--- Task objective ---
Start at the line in the entries below that contains "seen of a run.", stop at the line that contains "filename crates/witval/src/binding.rt", and output exactly the lines in that span, both ends included.

Records drawn from a dataset
---
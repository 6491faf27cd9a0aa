//! The machine beside the interpreter. For each source that a word names, in both data models and for both properties,
//! the run of the program is taken under each budget of steps up to the last word's, by the interpreter and by machines
//! that get the budget in parts of several sizes: the end, the steps, the draws, and each event with the cells of its
//! moment are to be the same.
#![tactic(auto)]

mod compared;
mod events;
mod runs;

use crate::compared::compare;
use c_check::check;
use c_core::{DataModel, Program, Property};
use c_parser::parse;
use c_tokens::tokens;
use std::alloc::Global;
use std::process::ExitCode;
use std::{env, fs, io};
use wv_base::OutOfMemory;

// Longer sources aren't read.
const MAX_LENGTH: usize = 1 << 20;

/// The program of a source text, if there is one.
fn program_of(alloc: Global, text: &[u8], model: DataModel, property: Property) -> Option<Program> {
    if text.len() > MAX_LENGTH {
        return None;
    }
    let Ok(found) = tokens(alloc, text) else {
        return None;
    };
    let Ok(source) = parse(alloc, &found) else {
        return None;
    };
    match check(alloc, &source, model, property) {
        Ok(program) => Some(program),
        Err(_) => None,
    }
}

/// The runs that were tried and those that differ, of one program.
fn report_program(
    rt: &HostRuntime,
    name: &str,
    text: &[u8],
    model: DataModel,
    property: Property,
    budget: u32,
) -> io::Result<()> {
    let Some(program) = program_of(rt.alloc(), text, model, property) else {
        return println!(rt; "{name}: no program");
    };
    match compare(rt.alloc(), &program, budget) {
        Ok(found) => println!(rt;
            "{name}: {} runs, {} differ; {:?} with {} steps",
            found.tried, found.wrong, found.end, found.steps
        ),
        Err(OutOfMemory) => println!(rt; "{name}: out of memory"),
    }
}

fn report(rt: &HostRuntime) -> io::Result<()> {
    let mut words = Vec::new(rt.alloc());
    for word in env::args(rt)?.skip(1) {
        words.push(word)?;
    }
    let Some((last, names)) = words.as_slice().split_last() else {
        return println!(rt; "usage: flow_tests FILE.. BUDGET");
    };
    let budget = last.as_str().parse::<u32>().ok().unwrap_or(0);
    for name in names {
        let bytes = fs::read(rt, name.as_str())?;
        for model in [DataModel::Ilp32, DataModel::Lp64] {
            for property in [Property::UnreachCall, Property::NoOverflow] {
                report_program(rt, name.as_str(), bytes.as_slice(), model, property, budget)?;
            }
        }
    }
    Ok(())
}

fn main(rt: HostRuntime) -> ExitCode {
    match report(&rt) {
        Ok(()) => ExitCode::from(0),
        Err(_) => ExitCode::from(1),
    }
}
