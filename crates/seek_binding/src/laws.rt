// The law, the contract of a function without a body.
ghost use Rattle.std.specs.Prelude.{Ok};
ghost use Rattle.std.specs.List.{All};
ghost use Rattle.c_core.specs.Tree.{Program};
ghost use Rattle.seek_passes.specs.Passing.{IsSegment};
ghost use Rattle.way_bind.specs.Binding.{Binds};
ghost use Rattle.way_match.specs.View.{segments_view};
ghost use Rattle.way_match.specs.declared.point.Bound.{Bound};
ghost use Rattle.wv_schema.specs.declared.witness.Witness.{Witness};

/// Bound segments can be followed: the expressions of their waypoints are typed and have values, and their constraints
/// on `\result` compare it.
pub fn bound_segments_can_be_followed()
    ensures { (p : Program) (w : Witness) (bound : Bound) → Binds p w (Ok bound)
        → All (IsSegment p) (segments_view bound) }
{}
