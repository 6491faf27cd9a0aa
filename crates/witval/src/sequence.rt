// The reply to a violation sequence: its segments are bound, and the given run decides.
ghost use Rattle.std.specs.Prelude.{IfOk};
ghost use Rattle.c_core.specs.View.{program_view};
ghost use Rattle.way_match.specs.View.{segments_view};
ghost use Rattle.witval.specs.Tasks.{RightOnSegments, RightOnSequence};

use crate::binding::bind;
use crate::refusal::refuse_bind;
use c_core::Program;
use judge::judge_violation;
use std::alloc::Global;
use way_bind::Lookup;
use way_match::Bound;
use way_places::Index;
use wv_base::OutOfMemory;
use wv_report::Reply;
use wv_schema::Witness;

/// The reply to a program, and a violation sequence about it.
pub fn judge_sequence(
    alloc: Global,
    program: &Program,
    witness: &Witness,
    steps: u64,
) -> Result<Reply, OutOfMemory>
    ensures { IfOk result (RightOnSequence steps witness.now program.now) }
{
    let lookup = Lookup::new(alloc, program)?;
    judge_over(alloc, &lookup, witness, steps)
}

/// The same over a program whose places and names are indexed, once for all stages.
fn judge_over(
    alloc: Global,
    lookup: &Lookup,
    witness: &Witness,
    steps: u64,
) -> Result<Reply, OutOfMemory>
    ensures { IfOk result (RightOnSequence steps witness.now lookup.now.index) }
{
    match bind(alloc, witness, lookup) {
        Ok(bound) => judge_bound(alloc, &lookup.index, &bound, steps),
        Err(fault) => refuse_bind(alloc, fault),
    }
}

/// The reply to an indexed program, and a violation sequence bound to it.
fn judge_bound(
    alloc: Global,
    index: &Index,
    bound: &Bound,
    steps: u64,
) -> Result<Reply, OutOfMemory>
    ensures { IfOk result (RightOnSegments steps (program_view index.now) (segments_view bound.now)) }
{
    let verdict = judge_violation(alloc, index, bound, steps)?;
    Ok(Reply::Verdict(verdict))
}
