// The demo of a number: both of its programs are judged, with a line for each.
ghost use Rattle.std.specs.Prelude.{◌≡◌, ◌≤◌, ◌++◌, IfOk, OnOk, length, string_bytes};
ghost use Rattle.sha2.specs.Sha256.{sha256};
ghost use Rattle.c_core.specs.declared.number.DataModel.TheVariants.{Ilp32};
ghost use Rattle.c_core.specs.declared.number.Property.TheVariants.{UnreachCall};
ghost use Rattle.wv_arguments.specs.Requests.{limits};
ghost use Rattle.wv_author.specs.Demo.{CanBeWritten};
ghost use Rattle.wv_task.specs.Task.{judged};
ghost use Rattle.witval.specs.Demos.{IsDemonstration, RightOnMade, RightOnRead, demo_status, demo_text, drawn_values, first_line, numbers_of, told_line};
ghost use Rattle.witval.specs.declared.output.Output.TheVariants.{Report};
ghost use Rattle.witval.specs.inside.Allowed.{IsAllowed};
ghost use Rattle.witval.specs.inside.Reports.{IsReport};

use crate::judging::judge_bytes;
use crate::output::Output;
use crate::purpose::Purpose;
use c_core::Property;
use c_meaning::{Draw, Verdict};
use std::alloc::Global;
use wv_arguments::Budgets;
use wv_author::demo;
use wv_base::{OutOfMemory, Text};
use wv_report::{Reply, status, text};
use wv_schema::{Witness, tree_of};
use wv_yaml::write;

/// A number, and the replies to the two programs of its demo.
#[derive(Drop)]
pub struct Demonstration {
    pub number: u32,
    pub correct: Reply,
    pub faulty: Reply,
}

/// The reply to a program and a witness that are made, by the way that files of these bytes take once they are read.
fn judge_made(
    alloc: Global,
    program: &Text,
    witness: &Witness,
    budgets: Budgets,
) -> Result<Reply, OutOfMemory>
    requires program { length program.now ≤ 1048576 }
    requires written { CanBeWritten witness.now }
    requires task { judged (sha256 program.now) UnreachCall witness.now.entries ≡ Ok Ilp32 }
    requires allowed { IsAllowed (limits budgets) }
    ensures as_files { IfOk result (RightOnMade (limits budgets) program.now witness.now) }
    ensures past_task { IfOk result (RightOnRead (limits budgets) program.now witness.now) }
{
    let tree = tree_of(alloc, witness)?;
    let bytes = write(alloc, &tree)?;
    let output = judge_bytes(
        alloc,
        Property::UnreachCall,
        program.as_str().as_bytes(),
        &bytes,
        Purpose::Judge(budgets),
        &mut None,
    )?;
    Ok(reply_of(output))
}

/// The reply of a report.
fn reply_of(output: Output) -> Reply
    requires { IsReport output }
    ensures { output ≡ Report result }
{
    match output {
        Output::Report(reply) => reply,
        _ => unreachable!(),
    }
}

/// The demo of a number.
pub fn demonstrate(
    alloc: Global,
    number: u32,
    budgets: Budgets,
) -> Result<Demonstration, OutOfMemory>
    requires number { number ≤ 999999 }
    requires allowed { IsAllowed (limits budgets) }
    ensures { IfOk result (IsDemonstration number (limits budgets)) }
{
    let made = demo(alloc, number)?;
    let correct = judge_made(alloc, &made.correct, &made.invariants, budgets)?;
    let faulty = judge_made(alloc, &made.faulty, &made.violation, budgets)?;
    Ok(Demonstration {
        number,
        correct,
        faulty,
    })
}

/// The status that the demo ends with: 0 where both replies confirm, 2 where one is undecided, else 1.
pub fn status_of_demo(demo: &Demonstration) -> u8
    ensures { result ≡ demo_status demo.now }
{
    let correct = status(&demo.correct);
    let faulty = status(&demo.faulty);
    if correct == 0 && faulty == 0 {
        0
    } else if correct == 2 || faulty == 2 {
        2
    } else {
        1
    }
}

fn first_line(report: &[u8]) -> &[u8]
    ensures { result.now ≡ first_line report.now }
{
    let end = report
        .iter()
        .position(|b| *b == b'\n')
        .unwrap_or(report.len());
    &report[..end]
}

fn add_values(out: &mut String, draws: &[Draw]) -> Result<(), OutOfMemory>
    ensures { OnOk result (string_bytes out.new ≡ string_bytes out.old ++ drawn_values draws.now) }
{
    for draw in draws {
        let value = draw.value;
        write!(out, " {value}")?;
    }
    Ok(())
}

/// What a confirmation has after its first line.
fn numbers_of(alloc: Global, reply: &Reply) -> Result<String, OutOfMemory>
    ensures { IfOk result (λ numbers. string_bytes numbers ≡ numbers_of reply.now) }
{
    let mut numbers = String::new(alloc);
    match reply {
        Reply::Verdict(Verdict::ViolationConfirmed { draws, .. }) => {
            add_values(&mut numbers, draws.as_slice())?;
        }
        Reply::Verdict(Verdict::CorrectnessConfirmed { count }) => write!(numbers, " {count}")?,
        _ => {}
    }
    Ok(numbers)
}

/// A line for a reply.
fn add_told(alloc: Global, out: &mut Vec<u8>, reply: &Reply) -> Result<(), OutOfMemory>
    ensures { OnOk result (out.new.items ≡ out.old.items ++ told_line reply.now) }
{
    let report = text(alloc, reply)?;
    let numbers = numbers_of(alloc, reply)?;
    out.extend_from_slice(first_line(&report))?;
    out.extend_from_slice(numbers.as_str().as_bytes())?;
    out.push(b'\n')?;
    Ok(())
}

/// The lines of the demo.
#[tactic(auto, unfolding(crate::specs::Demos::demo_text))]
pub fn text_of_demo(alloc: Global, demo: &Demonstration) -> Result<Vec<u8>, OutOfMemory>
    ensures { IfOk result (λ bytes. bytes.items ≡ demo_text demo.now) }
{
    let number = demo.number;
    let head = format!(in alloc; "demo {number}\n")?;
    let mut out = head.into_bytes();
    add_told(alloc, &mut out, &demo.correct)?;
    add_told(alloc, &mut out, &demo.faulty)?;
    Ok(out)
}
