// What is seen of a run.
use c_core::Spot;
use c_meaning::{Event, Memory, Watcher};
use wv_base::OutOfMemory;

/// An event, with the number of cells of its moment and a sum over what some of them hold.
#[derive(Clone, Copy, PartialEq, Eq)]
pub struct Sight {
    event: Event,
    cells: usize,
    sum: i128,
}

/// Keeps all events.
#[derive(Drop)]
pub struct Events {
    pub seen: Vec<Sight>,
}

// Over the first elements of the first objects.
fn sum_of(memory: &Memory) -> i128 {
    let mut sum: i128 = 0;
    for object in 0..12 {
        for index in 0..4 {
            let value = memory.cell(object, index).unwrap_or(7);
            sum = sum.wrapping_mul(31).wrapping_add(value);
        }
    }
    sum
}

impl Watcher for Events {
    ghost Seen = { Unit {0} };

    ghost seen = { λ _. tt };

    ghost after = { λ event cells seen. tt };

    // it takes memory
    ghost sure = { ⊥ };

    fn see(&mut self, event: Event, memory: &Memory) -> Result<(), OutOfMemory> {
        self.seen.push(Sight {
            event,
            cells: memory.count(),
            sum: sum_of(memory),
        })?;
        Ok(())
    }

    // no event is left out
    fn skips(&mut self, _spot: Spot) -> bool {
        false
    }
}
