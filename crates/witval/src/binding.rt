// The waypoints of a violation sequence, bound to a program.
ghost use Rattle.std.specs.Prelude.{◌≡◌, ◌<◌, ◌^◌, length, true};
ghost use Rattle.c_core.specs.View.{program_view};
ghost use Rattle.way_bind.specs.Binding.{Binds, segments_of, waypoints_in};

use c_core::Program;
use std::alloc::Global;
use way_bind::{BindFault, Lookup, bind_over};
use way_match::Bound;
use wv_schema::{Content, Segment, Witness};

/// This many waypoints can be numbered.
const MOST_WAYPOINTS: usize = 1073741823;

/// Whether segments hold at most this many waypoints.
fn are_few(segments: &[Segment]) -> bool
    ensures { result ≡ true → length (waypoints_in segments.now) < 2 ^ 30 }
{
    let mut room = MOST_WAYPOINTS;
    for segment in segments {
        let avoids = segment.avoids.len();
        if avoids >= room {
            return false;
        }
        room -= avoids + 1;
    }
    true
}

/// The segments of a violation sequence, the only entry of its witness.
fn segments_of(witness: &Witness) -> &[Segment]
    ensures { result.now ≡ segments_of witness.now }
{
    match witness.entries.as_slice() {
        [entry] => match &entry.content {
            Content::Violation(segments) => segments.as_slice(),
            Content::Invariants(_) => &[],
        },
        _ => &[],
    }
}

/// The segments bound to the program, or the least waypoint that isn't. A file of allowed length holds far fewer
/// waypoints than can be numbered; more are answered as out of memory.
pub fn bind(alloc: Global, witness: &Witness, lookup: &Lookup) -> Result<Bound, BindFault>
    ensures { Binds (program_view lookup.now.index) witness.now result }
{
    if !are_few(segments_of(witness)) {
        return Err(BindFault::OutOfMemory);
    }
    bind_over(alloc, witness, lookup)
}

/// The same for a program that isn't indexed yet.
pub fn bind_alone(alloc: Global, witness: &Witness, program: &Program) -> Result<Bound, BindFault>
    ensures { Binds (program_view program.now) witness.now result }
{
    let lookup = Lookup::new(alloc, program)?;
    bind(alloc, witness, &lookup)
}
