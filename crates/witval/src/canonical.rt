ghost use Rattle.std.specs.Prelude.{IfOk};
ghost use Rattle.witval.specs.Replies.{CanonicalIn};

use crate::output::Output;
use crate::refusal::refuse_yaml;
use std::alloc::Global;
use wv_base::{OutOfMemory, Seq};
use wv_yaml::{read, write};

/// The canonical form of a witness of allowed length, or the refusal of its bytes.
pub fn canonical(alloc: Global, witness: &[u8]) -> Result<Output, OutOfMemory>
    ensures { IfOk result (λ output. CanonicalIn output witness.now) }
{
    match read(alloc, witness) {
        Ok(tree) => Ok(Output::Canonical(Seq::from_vec(write(alloc, &tree)?))),
        Err(fault) => Ok(Output::Report(refuse_yaml(alloc, fault)?)),
    }
}
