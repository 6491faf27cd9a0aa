// The reply to invariant sets: the invariants are bound, and the obligations decide.
ghost use Rattle.std.specs.Prelude.{◌≡◌, ◌≤◌, IfOk};
ghost use Rattle.std.specs.List.{All};
ghost use Rattle.c_core.specs.View.{program_view};
ghost use Rattle.c_meaning.specs.Placing.{IsInvariant, placed_view};
ghost use Rattle.witval.specs.Tasks.{RightOnPlaced, RightOnSets};

use crate::refusal::{refuse_bind, refuse_obligations};
use c_core::Program;
use c_meaning::{PlacedInvariant, Verdict};
use judge_correctness::judge_correctness;
use judge_obligations::Judged;
use std::alloc::Global;
use way_invariants::bind_correctness;
use wv_base::{OutOfMemory, Seq};
use wv_report::Reply;
use wv_schema::Witness;

/// The reply to a program, and invariant sets about it.
pub fn judge_sets(
    alloc: Global,
    program: &Program,
    witness: &Witness,
    conflicts: u64,
) -> Result<Reply, OutOfMemory>
    requires some { 1 ≤ conflicts }
    requires bounded { conflicts ≤ 1000000 }
    ensures { IfOk result (RightOnSets conflicts witness.now program.now) }
{
    match bind_correctness(alloc, witness, program) {
        Ok(invariants) => judge_placed(alloc, program, &invariants, conflicts),
        Err(fault) => refuse_bind(alloc, fault),
    }
}

/// The verdict alone: the log that shows a spent budget is not reported.
pub fn verdict_of(judged: Judged) -> Verdict
    ensures { result ≡ judged.verdict }
{
    judged.verdict
}

/// The reply to a program, and invariants bound to it.
fn judge_placed(
    alloc: Global,
    program: &Program,
    invariants: &Seq<PlacedInvariant>,
    conflicts: u64,
) -> Result<Reply, OutOfMemory>
    requires invariants { All (IsInvariant (program_view program.now)) (placed_view invariants.now) }
    requires some { 1 ≤ conflicts }
    requires bounded { conflicts ≤ 1000000 }
    ensures { IfOk result (RightOnPlaced conflicts program.now (placed_view invariants.now)) }
{
    match judge_correctness(alloc, program, invariants, conflicts) {
        Ok(judged) => Ok(Reply::Verdict(verdict_of(judged))),
        Err(fault) => refuse_obligations(alloc, fault),
    }
}
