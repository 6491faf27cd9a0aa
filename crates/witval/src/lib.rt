//! The validator: it judges a program, a property and a witness, and its one promise is that the
//! verdict it prints holds of the program's real runs.
#![tactic(auto)]

mod answer;
mod authoring;
mod binding;
mod canonical;
mod certificates;
mod demonstration;
mod input;
mod judging;
mod keeping;
mod output;
mod purpose;
mod refusal;
mod searching;
mod sequence;
mod sets;
mod shown;
mod tokens;
mod top;
mod weeding;
mod writing;

pub use top::{run, run_keeping};
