// The output for a program, a property and values for a run's inputs: the refusals in their order, and then a violation
// witness.
ghost use Rattle.std.specs.Prelude.{◌≡◌, ◌≤◌, IfOk, length};
ghost use Rattle.std.specs.Str.{chars};
ghost use Rattle.c_parser.specs.Formed.{AreOrderly};
ghost use Rattle.c_parser.specs.Parsing.{source_view};
ghost use Rattle.wv_arguments.specs.Requests.{labelled};
ghost use Rattle.wv_task.specs.Task.{model_of};
ghost use Rattle.yaml_scalars.specs.Tokens.{max_key};
ghost use Rattle.witval.specs.Authoring.{AuthorsOnInputs, IsUnauthored, TellsEnd};
ghost use Rattle.witval.specs.Inputs.{AreWithin};
ghost use Rattle.witval.specs.inside.AuthoringRests.{AuthorsOnFile, AuthorsOnModel, AuthorsOnProgram, AuthorsOnSegments, AuthorsOnSource, AuthorsOnText, AuthorsOnTokens, AuthorsOnValues, AuthorsUnder};

use crate::input::Inputs;
use crate::output::{Output, Unviolated};
use crate::refusal::{
    refuse_cell, refuse_check, refuse_plainly, refuse_syntax, refuse_tokens, refuse_values,
};
use crate::tokens::program_tokens;
use crate::writing::write_witness;
use c_check::check;
use c_core::{DataModel, Program, Property};
use c_meaning::{Cause, End, Verdict};
use c_parser::{Source, parse};
use c_tokens::Token;
use std::alloc::Global;
use wv_arguments::Label;
use wv_author::{AuthorFault, author, authored, read_values};
use wv_base::{OutOfMemory, Seq, Text};
use wv_report::Reply;
use wv_schema::Segment;
use wv_task::{identifier, property};
use yaml_scalars::is_short;

/// What a violation witness is made of besides values: the name of the program's file, what the witness is to say of
/// itself, and the budget of steps of its run.
#[derive(Clone, Copy)]
pub struct Draft<'a> {
    pub file: &'a str,
    pub label: Label<'a>,
    pub steps: u64,
}

/// A program and what it is asked about: its bytes, its property and its data model.
#[derive(Clone, Copy)]
struct Task<'a> {
    bytes: &'a [u8],
    property: Property,
    model: DataModel,
}

/// The output for three files of allowed length, the third of which lists values.
pub fn author_inputs(
    alloc: Global,
    inputs: &Inputs,
    draft: &Draft<'_>,
) -> Result<Output, OutOfMemory>
    requires { AreWithin inputs.now }
    ensures { IfOk result
        (AuthorsOnInputs (labelled draft.now.label) draft.now.steps draft.now.file.now inputs.now.program.items
        inputs.now.property.items inputs.now.witness.items) }
{
    match property(&inputs.property) {
        Ok(property) => author_bytes(alloc, property, &inputs.program, &inputs.witness, draft),
        Err(_) => Ok(Output::Report(refuse_plainly(alloc, "property")?)),
    }
}

/// The output for a program and the bytes of values.
fn author_bytes(
    alloc: Global,
    property: Property,
    program: &[u8],
    values: &[u8],
    draft: &Draft<'_>,
) -> Result<Output, OutOfMemory>
    requires { length program.now ≤ 1048576 }
    ensures { IfOk result
        (AuthorsUnder (labelled draft.now.label) draft.now.steps draft.now.file.now program.now values.now property) }
{
    match read_values(alloc, values) {
        Ok(values) => author_values(alloc, property, program, &values, draft),
        Err(fault) => Ok(Output::Report(refuse_values(alloc, fault)?)),
    }
}

/// The output for a program and values.
fn author_values(
    alloc: Global,
    property: Property,
    program: &[u8],
    values: &Seq<i128>,
    draft: &Draft<'_>,
) -> Result<Output, OutOfMemory>
    requires { length program.now ≤ 1048576 }
    ensures { IfOk result
        (AuthorsOnValues (labelled draft.now.label) draft.now.steps draft.now.file.now program.now property
        values.now) }
{
    if is_short(draft.file) {
        author_file(alloc, property, program, values, draft)
    } else {
        Ok(Output::Report(refuse_plainly(alloc, "files")?))
    }
}

fn model_of(text: &str) -> Option<DataModel>
    ensures { result ≡ model_of text.now }
{
    match text {
        "ILP32" => Some(DataModel::Ilp32),
        "LP64" => Some(DataModel::Lp64),
        _ => None,
    }
}

/// The same where the name of the program's file may be a key.
fn author_file(
    alloc: Global,
    property: Property,
    program: &[u8],
    values: &Seq<i128>,
    draft: &Draft<'_>,
) -> Result<Output, OutOfMemory>
    requires program { length program.now ≤ 1048576 }
    requires short { length (chars draft.now.file.now) ≤ max_key }
    ensures { IfOk result
        (AuthorsOnFile (labelled draft.now.label) draft.now.steps draft.now.file.now program.now property values.now) }
{
    match model_of(draft.label.model) {
        Some(model) => {
            let task = Task {
                bytes: program,
                property,
                model,
            };
            author_model(alloc, &task, values, draft)
        }
        None => Ok(Output::Report(refuse_plainly(alloc, "model")?)),
    }
}

/// The same in a data model.
fn author_model(
    alloc: Global,
    task: &Task<'_>,
    values: &Seq<i128>,
    draft: &Draft<'_>,
) -> Result<Output, OutOfMemory>
    requires program { length task.now.bytes.now ≤ 1048576 }
    requires short { length (chars draft.now.file.now) ≤ max_key }
    ensures { IfOk result
        (AuthorsOnModel (labelled draft.now.label) draft.now.steps draft.now.file.now task.now.bytes.now
        task.now.property task.now.model values.now) }
{
    let uuid = Text::of(alloc, draft.label.uuid)?;
    match identifier(alloc, &uuid)? {
        Some(_) => author_text(alloc, task, values, draft),
        None => Ok(Output::Report(refuse_plainly(alloc, "uuid")?)),
    }
}

/// The same with an identifier.
fn author_text(
    alloc: Global,
    task: &Task<'_>,
    values: &Seq<i128>,
    draft: &Draft<'_>,
) -> Result<Output, OutOfMemory>
    requires program { length task.now.bytes.now ≤ 1048576 }
    requires short { length (chars draft.now.file.now) ≤ max_key }
    ensures { IfOk result
        (AuthorsOnText (labelled draft.now.label) draft.now.steps draft.now.file.now task.now.bytes.now
        task.now.property task.now.model values.now) }
{
    match program_tokens(alloc, task.bytes) {
        Ok(tokens) => author_tokens(alloc, task, &tokens, values, draft),
        Err(fault) => Ok(Output::Report(refuse_tokens(alloc, fault)?)),
    }
}

/// The output for the tokens of a program.
fn author_tokens(
    alloc: Global,
    task: &Task<'_>,
    tokens: &Seq<Token>,
    values: &Seq<i128>,
    draft: &Draft<'_>,
) -> Result<Output, OutOfMemory>
    requires orderly { AreOrderly tokens.now }
    requires short { length (chars draft.now.file.now) ≤ max_key }
    ensures { IfOk result
        (AuthorsOnTokens (labelled draft.now.label) draft.now.steps draft.now.file.now task.now.bytes.now
        task.now.property task.now.model values.now tokens.now) }
{
    match parse(alloc, tokens) {
        Ok(source) => author_source(alloc, task, &source, values, draft),
        Err(fault) => Ok(Output::Report(refuse_syntax(alloc, fault)?)),
    }
}

/// The output for a source.
fn author_source(
    alloc: Global,
    task: &Task<'_>,
    source: &Source,
    values: &Seq<i128>,
    draft: &Draft<'_>,
) -> Result<Output, OutOfMemory>
    requires { length (chars draft.now.file.now) ≤ max_key }
    ensures { IfOk result
        (AuthorsOnSource (labelled draft.now.label) draft.now.steps draft.now.file.now task.now.bytes.now
        task.now.property task.now.model values.now (source_view source.now)) }
{
    match check(alloc, source, task.model, task.property) {
        Ok(program) => author_program(alloc, task, &program, values, draft),
        Err(fault) => Ok(Output::Report(refuse_check(alloc, fault)?)),
    }
}

/// The output for a program: the witness of the run that takes the values in turn, or why there is none.
fn author_program(
    alloc: Global,
    task: &Task<'_>,
    program: &Program,
    values: &Seq<i128>,
    draft: &Draft<'_>,
) -> Result<Output, OutOfMemory>
    requires { length (chars draft.now.file.now) ≤ max_key }
    ensures { IfOk result
        (AuthorsOnProgram (labelled draft.now.label) draft.now.steps draft.now.file.now task.now.bytes.now
        task.now.property task.now.model values.now program.now) }
{
    let file = Text::of(alloc, draft.file)?;
    match author(alloc, program, &file, values, draft.steps) {
        Ok(segments) => author_segments(alloc, task, &file, segments, draft),
        Err(fault) => unauthored(alloc, fault, draft.steps),
    }
}

/// The witness with these segments.
fn author_segments(
    alloc: Global,
    task: &Task<'_>,
    file: &Text,
    segments: Seq<Segment>,
    draft: &Draft<'_>,
) -> Result<Output, OutOfMemory>
    requires { length (chars file.now) ≤ max_key }
    ensures { IfOk result
        (AuthorsOnSegments (labelled draft.now.label) file.now task.now.bytes.now task.now.property task.now.model
        segments) }
{
    let label = draft.label;
    let witness = authored(
        alloc,
        task.bytes,
        file,
        segments,
        task.property,
        task.model,
        label.uuid,
        label.time,
    )?;
    write_witness(alloc, &witness)
}

/// The output for a run of which no witness is made.
fn unauthored(alloc: Global, fault: AuthorFault, steps: u64) -> Result<Output, OutOfMemory>
    ensures { IfOk result (IsUnauthored steps fault) }
{
    match fault {
        AuthorFault::NotViolated(end) => tell_end(end, steps),
        AuthorFault::CellValue(spot) => Ok(Output::Report(refuse_cell(alloc, spot)?)),
        AuthorFault::OutOfMemory => Err(OutOfMemory),
    }
}

/// The output for the end of a run. One that violates the property is no such end, and answered as out of memory.
fn tell_end(end: End, steps: u64) -> Result<Output, OutOfMemory>
    ensures { IfOk result (TellsEnd steps end) }
{
    match end {
        End::Ended => Ok(Output::Unviolated(Unviolated::Ended)),
        End::Undefined(spot) => Ok(Output::Unviolated(Unviolated::Undefined(spot))),
        End::Spent => {
            let cause = Cause::Steps(steps);
            Ok(Output::Report(Reply::Verdict(Verdict::Undecided(cause))))
        }
        End::Deep => Ok(Output::Report(Reply::Verdict(Verdict::Undecided(Cause::Cells)))),
        End::Violated(_) => Err(OutOfMemory),
    }
}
---
--- Problem solution ---
// What is seen of a run.
use c_core::Spot;
use c_meaning::{Event, Memory, Watcher};
use wv_base::OutOfMemory;

/// An event, with the number of cells of its moment and a sum over what some of them hold.
#[derive(Clone, Copy, PartialEq, Eq)]
pub struct Sight {
    event: Event,
    cells: usize,
    sum: i128,
}

/// Keeps all events.
#[derive(Drop)]
pub struct Events {
    pub seen: Vec<Sight>,
}

// Over the first elements of the first objects.
fn sum_of(memory: &Memory) -> i128 {
    let mut sum: i128 = 0;
    for object in 0..12 {
        for index in 0..4 {
            let value = memory.cell(object, index).unwrap_or(7);
            sum = sum.wrapping_mul(31).wrapping_add(value);
        }
    }
    sum
}

impl Watcher for Events {
    ghost Seen = { Unit {0} };

    ghost seen = { λ _. tt };

    ghost after = { λ event cells seen. tt };

    // it takes memory
    ghost sure = { ⊥ };

    fn see(&mut self, event: Event, memory: &Memory) -> Result<(), OutOfMemory> {
        self.seen.push(Sight {
            event,
            cells: memory.count(),
            sum: sum_of(memory),
        })?;
        Ok(())
    }

    // no event is left out
    fn skips(&mut self, _spot: Spot) -> bool {
        false
    }
}
filename crates/witval/src/binding.rt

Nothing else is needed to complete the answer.